Required work:
The reply to the records below should contain exactly the lines from the line with "block; extern int; function =>" through the line with "parameter; int static; object => 2.1", and nothing besides.

Exercise materials:
──────

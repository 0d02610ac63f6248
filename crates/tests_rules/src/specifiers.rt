ghost use Rattle.std.specs.Prelude.{◌≡◌, ◌<◌, IfOk, length};

use crate::{expect, expect_type, pair, quadruple, row_of};
use cr_check_declarators::{
    Specified, UNSAID, inline_fault, is_one_type, joined, named_type, specifier, storage_fault,
    volatile_fault,
};
use cr_check_enclosing::Place;
use cr_check_types::Table;
use cr_syntax::Kind;
use std::alloc::{AllocError, Global};
use std::test::Fail;

// Specifiers, and the type that they name, by hand from C11 6.7.2p2: all rows of its list, some in another order, and their neighbours.
// `struct` stands for one whose type is given, that of node 3.
const TYPES: &str = "\
void => void
char => char
signed char => schar
char unsigned => uchar
short => short
signed short => short
short int => short
int signed short => short
unsigned short => ushort
short int unsigned => ushort
int => int
signed => int
signed int => int
unsigned => uint
int unsigned => uint
long => long
int long => long
signed long int => long
long unsigned => ulong
unsigned long int => ulong
long long => llong
long int long => llong
long signed int long => llong
unsigned long long => ullong
long int unsigned long => ullong
_Bool => bool
struct => S3
const int volatile => const volatile int
static const struct => const S3
 => none
const => none
extern => none
void int => none
int int => none
char int => none
signed unsigned => none
signed signed int => none
unsigned _Bool => none
short char => none
long char => none
short short => none
short long => none
long long long => none
long void => none
struct int => none
struct struct => none
unsigned struct => none";

// A place, specifiers, what is declared there, and the faults: the constraint and the number of the specifier. By hand from 6.7.1p2,
// p3, p7, 6.7.4p2, 6.7.6.3p2, 6.8.5p3, 6.9p2, 6.9.1p4 and this project's rule on `volatile`.
const STANDING: &str = "\
file; int; object =>
file; static int; object =>
file; extern int; function =>
file; typedef int; object =>
file; auto int; object => 2.0
file; int register; object => 2.1
file; static extern int; object => 2.1
file; static int static; object => 2.2
file; auto static int; object => 2.0
definition; static int; function =>
definition; extern int; function =>
definition; typedef int; function => 2.0
definition; register int; function => 2.0
block; static int; object =>
block; register int; object =>
block; auto int; object =>
block; static int; function => 2.0
block; auto int; function => 2.0
block; extern int; function =>
block; typedef int; function =>
clause; auto int; object =>
clause; register int; object =>
clause; static int; object => 2.0
clause; extern int; object => 2.0
clause; typedef int; object => 2.0
parameter; register int; object =>
parameter; int static; object => 2.1
parameter; auto int; object => 2.0
file; inline int; function =>
file; inline int inline; function =>
definition; static inline int; function =>
block; inline int; function =>
file; inline int; object => 4.0
file; static int inline inline; object => 4.2
parameter; inline int; function => 4.0
file; inline; nothing => 4.0
file; volatile int; object =>
file; const volatile struct; object => 41.1
file; volatile struct; nothing => 41.0
file; void volatile; function => 41.1
file; volatile int volatile; object =>
member; int; object =>
member; volatile int; object => 41.0
name; int volatile; object =>
parameter; volatile void; object => 41.0
block; static inline volatile struct; function => 2.0 41.2
file; volatile; object =>";

#[test]
fn specifiers_name_types(rt: HostRuntime) -> Result<(), Fail> {
    let alloc = rt.alloc();
    let mut table = Table::new(alloc)?;
    for row in TYPES.split('\n') {
        expect_named(alloc, &mut table, row)?;
    }
    Ok(())
}

#[test]
fn specifiers_stand_in_their_places(rt: HostRuntime) -> Result<(), Fail> {
    let alloc = rt.alloc();
    let mut table = Table::new(alloc)?;
    for row in STANDING.split('\n') {
        expect_faults(alloc, &mut table, row)?;
    }
    Ok(())
}

fn expect_named(alloc: Global, table: &mut Table, row: &str) -> Result<(), Fail> {
    let (text, told) = pair(row, " => ");
    let specified = said(text);
    if !is_one_type(specified) {
        return expect(row, "none", told);
    }
    let found = base_row(table, specified)?;
    expect_type(alloc, table, found, row, told)
}

fn expect_faults(alloc: Global, table: &mut Table, row: &str) -> Result<(), Fail> {
    let (place, text, what, told) = quadruple(row, "; ", " =>");
    let specified = said(text);
    let base = base_row(table, specified)?;
    let function = what == "function";
    let mut found = String::new(alloc);
    push_faults(
        &mut found,
        table,
        specified,
        place_of(place),
        function,
        base,
    )?;
    expect(row, found.as_str(), told)
}

// The row of the type that specifiers name, where a structure is that of node 3.
pub(crate) fn base_row(table: &mut Table, specified: Specified) -> Result<u32, AllocError>
    ensures { IfOk result (λ r. r < length table.new) }
{
    let given = row_of(table, "S3")?;
    if given as usize >= table.len() {
        return Err(AllocError);
    }
    named_type(table, specified, given)
}

// Adds the faults of specifiers whose type has a row.
fn push_faults(
    out: &mut String,
    table: &Table,
    specified: Specified,
    place: Place,
    function: bool,
    row: u32,
) -> Result<(), AllocError>
    requires { row < length table.now }
{
    tell(out, 2, storage_fault(specified, place, function))?;
    tell(out, 4, inline_fault(specified, place, function))?;
    tell(out, 41, volatile_fault(table, specified, place, row))
}

/// Tells a fault of a constraint at a token.
pub(crate) fn tell(out: &mut String, constraint: u8, token: Option<u32>) -> Result<(), AllocError> {
    match token {
        Some(token) => write!(out, " {constraint}.{token}"),
        None => Ok(()),
    }
}

/// What specifiers in words say.
pub(crate) fn said(text: &str) -> Specified {
    let mut specified = UNSAID;
    let mut token = 0_u32;
    for word in text.split(' ') {
        if let Some(kind) = kind_of(word) {
            specified = joined(specified, specifier(kind, token, false));
        }
        token = token.saturating_add(1);
    }
    specified
}

fn kind_of(word: &str) -> Option<Kind> {
    match word {
        "typedef" => Some(Kind::Typedef),
        "extern" => Some(Kind::Extern),
        "static" => Some(Kind::Static),
        "auto" => Some(Kind::Auto),
        "register" => Some(Kind::Register),
        "inline" => Some(Kind::Inline),
        "const" => Some(Kind::Const),
        "volatile" => Some(Kind::Volatile),
        "void" => Some(Kind::Void),
        "char" => Some(Kind::Char),
        "short" => Some(Kind::Short),
        "int" => Some(Kind::Int),
        "long" => Some(Kind::Long),
        "signed" => Some(Kind::Signed),
        "unsigned" => Some(Kind::Unsigned),
        "_Bool" => Some(Kind::Bool),
        "struct" => Some(Kind::StructTag),
        _ => None,
    }
}

/// A place in words.
pub(crate) fn place_of(word: &str) -> Place {
    match word {
        "file" => Place::File,
        "definition" => Place::Definition,
        "block" => Place::Block,
        "clause" => Place::Clause,
        "parameter" => Place::Parameter,
        "member" => Place::Member,
        _ => Place::Name,
    }
}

──────

Output:
block; extern int; function =>
block; typedef int; function =>
clause; auto int; object =>
clause; register int; object =>
clause; static int; object => 2.0
clause; extern int; object => 2.0
clause; typedef int; object => 2.0
parameter; register int; object =>
parameter; int static; object => 2.1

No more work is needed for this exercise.